When H-1B lotteries were becoming the norm, an issue was raised regarding duplicate filings as a way to increase the chances of being selected in the lottery. In response, ten years ago USCIS announced a regulatory change to prohibit employers from filing multiple or duplicative H-1B petitions for the same employee. To ensure fair and orderly distribution of available H-1Bs, USCIS announced that it would deny or revoke multiple or duplicative petitions filed by an employer for the same H-1B worker and would not refund the filing fees submitted with multiple or duplicative petitions:
“(G) Multiple H-1B petitions. An employer may not file, in the same fiscal year, more than one H-1B petition on behalf of the same alien if the alien is subject to the numerical limitations of section 214(g)(1)(A) of the Act or is exempt from those limitations under section 214(g)(5)(C) of the Act. If an H-1B petition is denied, on a basis other than fraud or misrepresentation, the employer may file a subsequent H-1B petition on behalf of the same alien in the same fiscal year, provided that the numerical limitation has not been reached or if the filing qualifies as exempt from the numerical limitation. Otherwise, filing more than one H-1B petition by an employer on behalf of the same alien in the same fiscal year will result in the denial or revocation of all such petitions. If USCIS believes that related entities (such as a parent company, subsidiary, or affiliate) may not have a legitimate business need to file more than one H-1B petition on behalf of the same alien subject to the numerical limitations of section 214(g)(1)(A) of the Act or otherwise eligible for an exemption under section 214(g)(5)(C) of the Act, USCIS may issue a request for additional evidence or notice of intent to deny, or notice of intent to revoke each petition. If any of the related entities fail to demonstrate a legitimate business need to file an H-1B petition on behalf of the same alien, all petitions filed on that alien’s behalf by the related entities will be denied or revoked.”
But what if two “different” employers file an H-1B petition on behalf of the same person?

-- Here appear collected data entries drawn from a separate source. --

// Whole reports of programs whose numbers are known.
use crate::tests::analysed;
use std::test::Fail;

/// Binary trees and their path length.
pub const TREE: &[u8] =
    b"type leaf = epsilon; type node = atom(1); type tree = leaf | product(node, tree, tree); \
    measure step : 1; procedure size(t : tree); begin case t of leaf : skip; (n, l, r) : begin \
    step; size(l); size(r) end end end; procedure path(t : tree); begin case t of leaf : skip; \
    (n, l, r) : begin size(l); size(r); path(l); path(r) end end end; analyze path;";

// Integer partitions and their parts.
const PARTS: &[u8] =
    b"type unit = atom(1); type part = sequence(unit, card >= 1); type partition = multiset(part); \
    measure one : 1; procedure parts(p : partition); begin forall x in p do one end; analyze \
    parts;";

// Unlabelled hierarchies and their leaves.
const HIERARCHIES: &[u8] =
    b"type leaf = atom(1); type h = leaf | multiset(h, card >= 2); measure one : 1; procedure \
    leaves(t : h); begin case t of leaf : one; _ as s : begin forall u in s do leaves(u) end end \
    end; analyze leaves;";

// Sets of at most one atom in each of two colours, and their members.
const COLOURS: &[u8] =
    b"type u = atom(1); type s = powerset(u | u); measure one : 1; procedure k(p : s); begin \
    forall x in p do one end; analyze k;";

// Rooted labelled trees and their nodes.
const ROOTED: &[u8] =
    b"labelled; type node = atom(1); type tree = product(node, set(tree)); measure one : 1; \
    procedure size(t : tree); begin one; case t of (n, s) : begin forall u in s do size(u) end \
    end end; analyze size;";

#[test]
fn reports_are_whole(rt: HostRuntime) -> Result<(), Fail> {
    let rows: [(&[u8], &str, &[u8]); 6] = [
        (
            TREE,
            "4",
            b"universe unlabelled\n\
                leaf(z) = 1\n\
                node(z) = z\n\
                tree(z) = leaf(z) + node(z)*tree(z)*tree(z)\n\
                tau[size](z) = node(z)*tree(z)*tree(z) + tau[size](z)*node(z)*tree(z) + tau[size](z)*node(z)*tree(z)\n\
                tau[path](z) = tau[size](z)*node(z)*tree(z) + tau[size](z)*node(z)*tree(z) + tau[path](z)*node(z)*tree(z) + tau[path](z)*node(z)*tree(z)\n\
                analyze path on tree\n\
                0 1 0 0\n\
                1 1 0 0\n\
                2 2 2 1\n\
                3 5 14 14/5\n\
                4 14 74 37/7\n",
        ),
        (
            TREE,
            "0",
            b"universe unlabelled\n\
                leaf(z) = 1\n\
                node(z) = z\n\
                tree(z) = leaf(z) + node(z)*tree(z)*tree(z)\n\
                tau[size](z) = node(z)*tree(z)*tree(z) + tau[size](z)*node(z)*tree(z) + tau[size](z)*node(z)*tree(z)\n\
                tau[path](z) = tau[size](z)*node(z)*tree(z) + tau[size](z)*node(z)*tree(z) + tau[path](z)*node(z)*tree(z) + tau[path](z)*node(z)*tree(z)\n\
                analyze path on tree\n\
                0 1 0 0\n",
        ),
        (
            PARTS,
            "6",
            b"universe unlabelled\n\
                unit(z) = z\n\
                part(z) = Seq[unit(z), k>=1]\n\
                partition(z) = MSet[part(z)]\n\
                tau[parts](z) = Point[MSet[part(z)]; part(z)]\n\
                analyze parts on partition\n\
                0 1 0 0\n\
                1 1 1 1\n\
                2 2 3 3/2\n\
                3 3 6 2\n\
                4 5 12 12/5\n\
                5 7 20 20/7\n\
                6 11 35 35/11\n",
        ),
        (
            HIERARCHIES,
            "6",
            b"universe unlabelled\n\
                leaf(z) = z\n\
                h(z) = leaf(z) + MSet[h(z), k>=2]\n\
                tau[leaves](z) = leaf(z) + Point[MSet[h(z), k>=2]; tau[leaves](z)]\n\
                analyze leaves on h\n\
                0 0 0 -\n\
                1 1 1 1\n\
                2 1 2 2\n\
                3 2 6 3\n\
                4 5 20 4\n\
                5 12 60 5\n\
                6 33 198 6\n",
        ),
        (
            COLOURS,
            "3",
            b"universe unlabelled\n\
                u(z) = z\n\
                s(z) = PSet[u(z) + u(z)]\n\
                tau[k](z) = Point[PSet[u(z) + u(z)]; u(z) + u(z)]\n\
                analyze k on s\n\
                0 1 0 0\n\
                1 2 2 1\n\
                2 1 2 2\n\
                3 0 0 -\n",
        ),
        (
            ROOTED,
            "5",
            b"universe labelled\n\
                node(z) = z\n\
                tree(z) = node(z)*Set[tree(z)]\n\
                tau[size](z) = tree(z) + Point[Set[tree(z)]; tau[size](z)]*node(z)\n\
                analyze size on tree\n\
                0 0 0 -\n\
                1 1 1 1\n\
                2 2 4 2\n\
                3 9 27 3\n\
                4 64 256 4\n\
                5 625 3125 5\n",
        ),
    ];
    for row in &rows {
        analysed(&rt, rt.alloc(), row.0, row.1, row.2)?;
    }
    Ok(())
}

A new Policy Memorandum issued last Friday clarifies that the term “related entities” includes petitioners, whether or not related through corporate ownership and control, that file cap-subject H-1B petitions for the same beneficiary for substantially the same job. Absent a legitimate business need to file multiple cap-subject petitions for the same beneficiary, USCIS will deny or revoke the approval of all H-1B cap-subject petitions filed by “related entities” for that beneficiary.
I’ve explained previously that USCIS has considerable discretion to interpret the above regulation broadly, including in how it determines what qualifies as “related entities.” For example, an employer seeking to use separate entities with unique Federal Employer Identification Numbers (FEINs) to sidestep the regulation could trigger a denial or revocation, particularly when USCIS finds the companies coordinated to file multiple H-1Bs on behalf of a single beneficiary without a legitimate business need. I think now USCIS can go even further to deny or revoke when two employers file petitions for the same job (my hunch is that this is targeted to third-party placement situations).
Specifically, USCIS will be looking at the totality of the record. Some factors relevant to relatedness may include familial ties, proximity of locations, leadership structure, employment history, similar work assignments, and substantially similar supporting documentation. Two unwitting companies would not likely have the requisite similitude to trigger the bar. But the more similarities in the records, the more likely the companies were seeking to undermine the purpose of the random lottery process.